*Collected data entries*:
§

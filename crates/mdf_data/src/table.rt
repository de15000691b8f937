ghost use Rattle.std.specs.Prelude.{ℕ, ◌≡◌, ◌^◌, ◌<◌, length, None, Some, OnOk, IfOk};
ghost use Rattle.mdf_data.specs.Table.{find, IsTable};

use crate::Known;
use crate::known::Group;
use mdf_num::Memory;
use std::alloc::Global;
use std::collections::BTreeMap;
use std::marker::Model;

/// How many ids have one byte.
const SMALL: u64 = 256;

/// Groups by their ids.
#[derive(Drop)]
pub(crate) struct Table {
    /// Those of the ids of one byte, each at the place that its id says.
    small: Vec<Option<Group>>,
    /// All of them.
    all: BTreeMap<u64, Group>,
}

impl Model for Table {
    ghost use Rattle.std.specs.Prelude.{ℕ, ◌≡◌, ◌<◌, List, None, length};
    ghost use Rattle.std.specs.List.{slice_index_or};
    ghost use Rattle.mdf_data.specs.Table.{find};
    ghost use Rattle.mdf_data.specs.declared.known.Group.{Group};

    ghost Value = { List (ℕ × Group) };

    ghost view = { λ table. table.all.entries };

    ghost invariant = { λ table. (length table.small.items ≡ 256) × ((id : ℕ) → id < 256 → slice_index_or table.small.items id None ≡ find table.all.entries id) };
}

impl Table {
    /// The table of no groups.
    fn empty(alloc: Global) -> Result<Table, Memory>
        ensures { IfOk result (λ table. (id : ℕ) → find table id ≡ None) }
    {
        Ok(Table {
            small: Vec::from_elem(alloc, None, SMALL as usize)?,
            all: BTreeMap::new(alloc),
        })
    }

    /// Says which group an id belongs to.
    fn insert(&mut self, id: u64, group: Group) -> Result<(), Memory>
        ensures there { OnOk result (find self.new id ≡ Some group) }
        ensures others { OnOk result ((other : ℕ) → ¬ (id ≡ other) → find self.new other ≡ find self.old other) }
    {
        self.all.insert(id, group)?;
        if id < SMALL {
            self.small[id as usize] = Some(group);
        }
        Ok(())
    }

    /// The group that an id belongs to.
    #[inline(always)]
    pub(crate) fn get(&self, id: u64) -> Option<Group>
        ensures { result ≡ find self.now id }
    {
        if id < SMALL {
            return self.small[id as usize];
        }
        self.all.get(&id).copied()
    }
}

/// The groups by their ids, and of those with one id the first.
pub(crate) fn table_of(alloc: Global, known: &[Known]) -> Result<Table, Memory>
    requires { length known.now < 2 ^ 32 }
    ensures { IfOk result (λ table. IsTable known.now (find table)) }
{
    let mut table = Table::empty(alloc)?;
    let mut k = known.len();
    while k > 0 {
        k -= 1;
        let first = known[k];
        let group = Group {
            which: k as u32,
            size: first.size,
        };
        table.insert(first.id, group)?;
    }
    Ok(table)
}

§

*Assigned task*: Reproduce exactly the lines from the one with "that an id belongs to." through the last line of the entries, keeping both of those lines and nothing else.

*Result of the task*:
    /// The group that an id belongs to.
    #[inline(always)]
    pub(crate) fn get(&self, id: u64) -> Option<Group>
        ensures { result ≡ find self.now id }
    {
        if id < SMALL {
            return self.small[id as usize];
        }
        self.all.get(&id).copied()
    }
}

/// The groups by their ids, and of those with one id the first.
pub(crate) fn table_of(alloc: Global, known: &[Known]) -> Result<Table, Memory>
    requires { length known.now < 2 ^ 32 }
    ensures { IfOk result (λ table. IsTable known.now (find table)) }
{
    let mut table = Table::empty(alloc)?;
    let mut k = known.len();
    while k > 0 {
        k -= 1;
        let first = known[k];
        let group = Group {
            which: k as u32,
            size: first.size,
        };
        table.insert(first.id, group)?;
    }
    Ok(table)
}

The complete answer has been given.